Форма буцудана, характер его святых образов, его офуда и даже молитвы, произносимые перед ним, различаются у пятнадцати существующих буддистских школ — так называемых сю. Но чтобы рассмотреть тему буцудана во всей полноте, пришлось бы написать довольно солидный том. По этой причине я вынужден ограничиться лишь замечанием, что имеются буддистские домашние алтари совершенно различные по своей величине, цене и изысканности и что буцудан школы син-сю, хотя для меня наименее интересный из всех, принято считать самым изящным по исполнению и оформлению. Буцудан очень бедного семейства может стоить всего лишь несколько сенов, но состоятельный буддист может приобрести в Киото алтарь за столько тысяч иен, сколько он только способен за него выложить.

Ихай — таблички с посмертными именами усопших — никогда не держат в особой комнате или храме; они находятся в буцудане[39] вместе с образами буддистских божеств — во всяком случае, это имеет место всегда, когда оказываемые им почести воздаются по буддистскому ритуалу. Хотя формы буцудана и характер его содержимого могут сильно разниться, форма ихай остается неизменной[40], притом что есть как замысловатые образцы, дорогие и редкие, так и простые, самые дешевые и незатейливые. Однако имеются различия в величине — ихай мужчины больше, чем ихай женщины, и имеет сверху украшение, которого нет у ихай женщины; в то же время табличка ребенка всегда очень маленькая. Средняя высота таблички ихай, которая делается для взрослого мужчины, немногим более одного фута, а толщина — примерно один дюйм. На ее вершине помещается символ хоси-но-тама — мистического самоцвета; также она обычно украшается некоего рода изображением облака, а постаментом ей служит цветок лотоса. Обычно ихай покрывается черным лаком, имя усопшего — кайме — или прочие слова, сообщающие о присущих ему добродетелях, наносятся золотыми буквами — кэн-му-дзи-сё-син-дзи. Самые бедные, кто не может позволить себе столь изысканные таблички, довольствуются табличками без лакировки и позолоты; кайме иногда просто пишут черными иероглифами, но еще чаще на полоске белой бумаги, которую наклеивают на ихай рисовым клеем. Прижизненное имя может быть написано на оборотной стороне таблички. Такие таблички, само собой, накапливаются по мере смены поколений; и в некоторых домах они хранятся в огромных количествах.

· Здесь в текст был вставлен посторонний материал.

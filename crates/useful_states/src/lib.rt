//! Which states are useful, in time and memory linear in states and transitions, and automata that
//! keep some of their states.
//!
//! ```text
//! states        0       1       2       3       4        0 is initial, 2 accepts
//! moves         1 3  |  2    |  1    |       |  2        by source: those of a state are a span
//! components    2       0       0       1       3        by number; no move leads to a greater one
//! goals                         x                        it accepts, and a move leads to its own number
//! before goals  x       x       x               x        what reaches a goal
//! reached       x       x       x       x                what the initial state reaches
//! useful        x       x       x                        both
//!
//! set           x       x       x               x        what was gathered from 2 back: a flag for each state,
//! list          2   1   4   0                            and the same states in the order in which they came;
//!                       ^ at                             what leads to those before `at` is there
//! ```
//!
//! Each transition is looked at once for the graph and once for its components, once on the way
//! from the initial state, once on the way back from the goals, and once more if its source
//! accepts; a few numbers are kept for each state and each transition. Tables of states by states,
//! in which a cycle could be looked for from each goal in turn, would need 8 GiB for the 262,144
//! states that a model checker's automaton may have.
#![tactic(auto)]

mod cycles;
mod direction;
mod gathering;
mod keeping;
pub mod laws;
mod searching;

pub use cycles::{component_numbers, is_on_cycle};
pub use direction::Direction;
pub use gathering::Gathered;
pub use keeping::{keep, trim};
pub use searching::useful;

В Идзумо, а быть может и во всей Японии, до сих пор существует красивый и трогательный обычай, прежде у просвещенных сословий общепринятый. Когда муж умирает, изготавливаются — в случае, если жена решает более никогда не выходить замуж, — две таблички ихай. На одной золотыми иероглифами наносится кайме покойного, на другой — кайме здравствующей вдовы, но во втором случае первый иероглиф красного цвета, а все остальные — золотого. Эти таблички затем помещаются в домашний буцудан. Две такие же таблички с таким же начертанием иероглифов, но большей величины помещаются и в приходском храме, однако перед табличкой супруги никакая чаша не ставится. Красный иероглиф означает торжественное обещание оставаться верной памяти покойного. Более того, жена утрачивает свое прижизненное имя, и в кругу всех друзей и родственников после этого к ней обращаются, используя часть ее кайме — например, Син-току-ин-сан, что является сокращением более длинного и более возвышенного посмертного имени Син-току-ин-дэн-дзёё-тэйсо-дайси[41]. Совершенно такой же обет дает мужчина после смерти супруги, к которой он был сердечно привязан, — точно так же красный иероглиф на его ихай запечатлевает клятву верности. Но вдовца никогда не зовут по его кайме, как зовут вдову.